The UPGMA and PCoA derived cluster analysis based on ESGA-SL markers divided the 27 wild E. sibiricus accessions into two groups, and the structure analysis based on Bayesian algorithm also revealed the same pattern. However, the other three types of multi-loci markers exhibited inferior ability than ESGA-SL marker in revealing actual genetic relationships.

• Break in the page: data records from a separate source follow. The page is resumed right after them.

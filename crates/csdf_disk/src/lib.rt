//! Files of the system as the program csdf needs them: which file a path stands for, a file's bytes or
//! tokens, and a file that is put in its place whole. What is called, and in which order, is said of every
//! system.
#![tactic(auto)]

mod content;
mod disk;
mod locate;
mod look;
mod making;
mod place;
mod put_fault;
mod putting;
mod system;
mod terminal;

pub use content::Content;
pub use disk::{Disk, HostDisk};
pub use making::MadeFile;
pub use place::{FilePlace, Node};
pub use put_fault::PutFault;
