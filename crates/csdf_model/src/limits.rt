//! The limits of graph files, of their scripts and of runs, under the names that clauses have for them too.

/// The most actors of a graph.
pub const MAX_ACTORS: usize = 64;

/// The most channels of a graph.
pub const MAX_CHANNELS: usize = 128;

/// The most bytes of a name.
pub const MAX_NAME_BYTES: usize = 32;

/// The most phases of an actor.
pub const MAX_PHASES: u32 = 16;

/// The most weights of a filter.
pub const MAX_WEIGHTS: usize = 16;

/// The least weight of a filter.
pub const MIN_WEIGHT: i32 = -32_768;

/// The greatest weight of a filter.
pub const MAX_WEIGHT: i32 = 32_767;

/// The greatest shift of a filter.
pub const MAX_SHIFT: u32 = 31;

/// The most tokens that a firing puts into a channel, or takes out of one.
pub const MAX_TOKENS_PER_FIRING: u32 = 64;

/// The most tokens that a firing takes out of all its inputs, or puts into all its outputs: those of
/// a channel for each of the most channels.
pub const MAX_TOTAL_PER_FIRING: usize = 8_192;

/// The most tokens that a channel begins with.
pub const MAX_INITIAL_TOKENS: usize = 256;

/// The greatest capacity of a channel.
pub const MAX_CAPACITY: u32 = 65_535;

/// The most cells of a pool: the greatest capacity for each of the most channels.
pub const MAX_CELLS: u32 = 8_388_480;

/// The greatest limit that a script may set on the firings of each actor.
pub const MAX_SCRIPT_LIMIT: u32 = 1_000_000;

/// The most tokens that a script may give each source.
pub const MAX_SCRIPT_SUPPLY: u32 = 1_000_000;

/// The most lines of a script.
pub const MAX_SCRIPT_LINES: usize = 100_000;

/// The most times that an actor goes through its phases in a period.
pub const MAX_CYCLES_PER_PERIOD: u32 = 1_024;

/// The most firings of all actors in a period: those of the most phases, as often as they may be
/// gone through, for each of the most actors.
pub const MAX_FIRINGS_PER_PERIOD: u32 = 1_048_576;

/// The most firings of an actor in a run: those of the most phases, as often as they may be gone
/// through, in each of the most periods.
pub const MAX_FIRINGS_PER_ACTOR: u32 = 16_384_000;

/// The most periods that a run may be asked for by their number: every graph may have them.
pub const MAX_PERIODS: u32 = 1_000;

/// The most periods that channels may be given room for: in each, one token or more goes through a
/// channel, which has the greatest capacity at most.
pub const MAX_ROOM: u32 = 65_535;

/// The most firings of all actors in a run: those of an actor for each of the most actors.
pub const MAX_FIRINGS: u32 = 1_048_576_000;

// Clauses name these limits. Here they are told in digits, as documents tell them: a limit that is changed fails here.
const _: () = prove!(
    MAX_ACTORS == 64
        && MAX_CHANNELS == 128
        && MAX_NAME_BYTES == 32
        && MAX_PHASES == 16
        && MAX_WEIGHTS == 16
        && MIN_WEIGHT == -32_768
        && MAX_WEIGHT == 32_767
        && MAX_SHIFT == 31
        && MAX_TOKENS_PER_FIRING == 64
        && MAX_TOTAL_PER_FIRING == 8_192
        && MAX_INITIAL_TOKENS == 256
        && MAX_CAPACITY == 65_535
        && MAX_CELLS == 8_388_480
        && MAX_SCRIPT_LIMIT == 1_000_000
        && MAX_SCRIPT_SUPPLY == 1_000_000
        && MAX_SCRIPT_LINES == 100_000
        && MAX_CYCLES_PER_PERIOD == 1_024
        && MAX_FIRINGS_PER_PERIOD == 1_048_576
        && MAX_FIRINGS_PER_ACTOR == 16_384_000
        && MAX_PERIODS == 1_000
        && MAX_ROOM == 65_535
        && MAX_FIRINGS == 1_048_576_000
);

One should note that all the genetic diversity parameters (Na, Ne, I, He and PP) of each geo-group calculated based on ESGA-SL markers were higher than that of ESGA-ML, which suggested that the single-locus marker reveals more accurate genetic information, so it is more suitable for further genetic analysis [36]. However, slightly higher pairwise Fst values were observed among each geo-group based on ESGA-ML markers. Given that multi-loci SSRs possesses characteristic like multiple amplification sites in the genome location, a part of genetic information was unavoidably covered. The advantage of single-locus markers over multi-loci markers was manifested in this study, however, vast number of single-locus markers that covering the entire genome of each chromosome are needed for E. sibiricus. In this case, higher quality genome-wide sequencing and assembling for E. sibiricus are necessary.